[Data records]
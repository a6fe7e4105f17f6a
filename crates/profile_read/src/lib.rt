// Reads a component by the profile octet of its element: hex 91 is a public line, hex 9F a trunk, and any other octet is refused (17) before all else.
#![tactic(auto)]

ghost use Rattle.std.specs.Prelude.{◌≡◌};
ghost use Rattle.types.specs.Frames.{no_record};
ghost use Rattle.trunk_types.specs.Components.{no_trunk};
ghost use Rattle.trunk_types.specs.Stored.{Spare};
ghost use Rattle.profile_read.specs.Profile.{read_by, left_line, left_trunk, either_in};

use coding::refusal;

const OTHER_PROFILE: u32 = refusal::OTHER_PROFILE as u32;

// The families of components, each by its name in include/aoc.h.
pub mod family {
    pub const NONE: u32 = 0;

    pub const LINE: u32 = 1;

    pub const TRUNK: u32 = 2;
}

// number: 0, or a refusal's, with 40 to 45 an offset. family: that of the profile octet, 1 of public lines, 2 of trunks; 0 where it names none.
#[repr(C)]
#[derive(Drop)]
pub struct Judged {
    pub number: u32,
    pub offset: u32,
    pub family: u32,
}

pub fn judged_as(number: u32, offset: u32, family: u32) -> Judged
    ensures { result ≡ record { number = number; offset = offset; family = family } }
{
    Judged {
        number,
        offset,
        family,
    }
}

// ---- a record of zeros, in its parts

fn no_line(
    front: &mut [u8; 8],
    figure: &mut [u8; 48],
    numbers: &mut [u32; 32],
    rows: &mut [u8; 192],
)
    ensures { left_line front figure numbers rows ≡ no_record }
{
    *front = [0; 8];
    *figure = [0; 48];
    *numbers = [0; 32];
    *rows = [0; 192];
}

pub fn no_trunk(
    trunk_front: &mut [u8; 48],
    extension: &mut [u8; 244],
    figure: &mut [u8; 48],
    numbers: &mut [u32; 32],
    rows: &mut [u8; 192],
)
    ensures rows_value { left_trunk trunk_front extension figure numbers rows ≡ no_trunk }
    ensures spare { Spare trunk_front.new }
{
    *trunk_front = [0; 48];
    *extension = [0; 244];
    *figure = [0; 48];
    *numbers = [0; 32];
    *rows = [0; 192];
}

// ---- components

// Reads a component of another octet than 91, beside a record of zeros of the other family.
pub fn trunk_by(
    profile: u8,
    octets: &[u8],
    trunk_front: &mut [u8; 48],
    extension: &mut [u8; 244],
    figure: &mut [u8; 48],
    numbers: &mut [u32; 32],
    rows: &mut [u8; 192],
) -> Judged
    requires { profile ≡ 0x91 → ⊥ }
    ensures rows_value { either_in result no_record (left_trunk trunk_front extension figure numbers rows) ≡ read_by profile octets.now }
    ensures spare { Spare trunk_front.new }
{
    if profile == 0x9f {
        let a = trunk_read::read_into(octets, trunk_front, extension, figure, numbers, rows);
        return judged_as(a.number, a.offset, family::TRUNK);
    }
    no_trunk(trunk_front, extension, figure, numbers, rows);
    judged_as(OTHER_PROFILE, 0, family::NONE)
}

// Reads a component with its profile octet into the parts of both records, whatever they hold: the record of the family that is not read is zero.
pub fn read_by(
    profile: u8,
    octets: &[u8],
    front: &mut [u8; 8],
    figure: &mut [u8; 48],
    numbers: &mut [u32; 32],
    rows: &mut [u8; 192],
    trunk_front: &mut [u8; 48],
    extension: &mut [u8; 244],
    trunk_figure: &mut [u8; 48],
    trunk_numbers: &mut [u32; 32],
    trunk_rows: &mut [u8; 192],
) -> Judged
    ensures trunk_rows_value { either_in result (left_line front figure numbers rows) (left_trunk trunk_front extension trunk_figure trunk_numbers trunk_rows) ≡ read_by profile octets.now }
    ensures spare { Spare trunk_front.new }
{
    if profile == 0x91 {
        no_trunk(
            trunk_front,
            extension,
            trunk_figure,
            trunk_numbers,
            trunk_rows,
        );
        let a = read::read_into(octets, front, figure, numbers, rows);
        return judged_as(a.number, a.offset, family::LINE);
    }
    no_line(front, figure, numbers, rows);
    trunk_by(
        profile,
        octets,
        trunk_front,
        extension,
        trunk_figure,
        trunk_numbers,
        trunk_rows,
    )
}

§ **Assignment**
Give a word-for-word restatement of every record.

§ **Answer for the task**
repository a6fe7e4105f17f6a
filename crates/profile_read/src/lib.rt
// Reads a component by the profile octet of its element: hex 91 is a public line, hex 9F a trunk, and any other octet is refused (17) before all else.
#![tactic(auto)]

ghost use Rattle.std.specs.Prelude.{◌≡◌};
ghost use Rattle.types.specs.Frames.{no_record};
ghost use Rattle.trunk_types.specs.Components.{no_trunk};
ghost use Rattle.trunk_types.specs.Stored.{Spare};
ghost use Rattle.profile_read.specs.Profile.{read_by, left_line, left_trunk, either_in};

use coding::refusal;

const OTHER_PROFILE: u32 = refusal::OTHER_PROFILE as u32;

// The families of components, each by its name in include/aoc.h.
pub mod family {
    pub const NONE: u32 = 0;

    pub const LINE: u32 = 1;

    pub const TRUNK: u32 = 2;
}

// number: 0, or a refusal's, with 40 to 45 an offset. family: that of the profile octet, 1 of public lines, 2 of trunks; 0 where it names none.
#[repr(C)]
#[derive(Drop)]
pub struct Judged {
    pub number: u32,
    pub offset: u32,
    pub family: u32,
}

pub fn judged_as(number: u32, offset: u32, family: u32) -> Judged
    ensures { result ≡ record { number = number; offset = offset; family = family } }
{
    Judged {
        number,
        offset,
        family,
    }
}

// ---- a record of zeros, in its parts

fn no_line(
    front: &mut [u8; 8],
    figure: &mut [u8; 48],
    numbers: &mut [u32; 32],
    rows: &mut [u8; 192],
)
    ensures { left_line front figure numbers rows ≡ no_record }
{
    *front = [0; 8];
    *figure = [0; 48];
    *numbers = [0; 32];
    *rows = [0; 192];
}

pub fn no_trunk(
    trunk_front: &mut [u8; 48],
    extension: &mut [u8; 244],
    figure: &mut [u8; 48],
    numbers: &mut [u32; 32],
    rows: &mut [u8; 192],
)
    ensures rows_value { left_trunk trunk_front extension figure numbers rows ≡ no_trunk }
    ensures spare { Spare trunk_front.new }
{
    *trunk_front = [0; 48];
    *extension = [0; 244];
    *figure = [0; 48];
    *numbers = [0; 32];
    *rows = [0; 192];
}

// ---- components

// Reads a component of another octet than 91, beside a record of zeros of the other family.
pub fn trunk_by(
    profile: u8,
    octets: &[u8],
    trunk_front: &mut [u8; 48],
    extension: &mut [u8; 244],
    figure: &mut [u8; 48],
    numbers: &mut [u32; 32],
    rows: &mut [u8; 192],
) -> Judged
    requires { profile ≡ 0x91 → ⊥ }
    ensures rows_value { either_in result no_record (left_trunk trunk_front extension figure numbers rows) ≡ read_by profile octets.now }
    ensures spare { Spare trunk_front.new }
{
    if profile == 0x9f {
        let a = trunk_read::read_into(octets, trunk_front, extension, figure, numbers, rows);
        return judged_as(a.number, a.offset, family::TRUNK);
    }
    no_trunk(trunk_front, extension, figure, numbers, rows);
    judged_as(OTHER_PROFILE, 0, family::NONE)
}

// Reads a component with its profile octet into the parts of both records, whatever they hold: the record of the family that is not read is zero.
pub fn read_by(
    profile: u8,
    octets: &[u8],
    front: &mut [u8; 8],
    figure: &mut [u8; 48],
    numbers: &mut [u32; 32],
    rows: &mut [u8; 192],
    trunk_front: &mut [u8; 48],
    extension: &mut [u8; 244],
    trunk_figure: &mut [u8; 48],
    trunk_numbers: &mut [u32; 32],
    trunk_rows: &mut [u8; 192],
) -> Judged
    ensures trunk_rows_value { either_in result (left_line front figure numbers rows) (left_trunk trunk_front extension trunk_figure trunk_numbers trunk_rows) ≡ read_by profile octets.now }
    ensures spare { Spare trunk_front.new }
{
    if profile == 0x91 {
        no_trunk(
            trunk_front,
            extension,
            trunk_figure,
            trunk_numbers,
            trunk_rows,
        );
        let a = read::read_into(octets, front, figure, numbers, rows);
        return judged_as(a.number, a.offset, family::LINE);
    }
    no_line(front, figure, numbers, rows);
    trunk_by(
        profile,
        octets,
        trunk_front,
        extension,
        trunk_figure,
        trunk_numbers,
        trunk_rows,
    )
}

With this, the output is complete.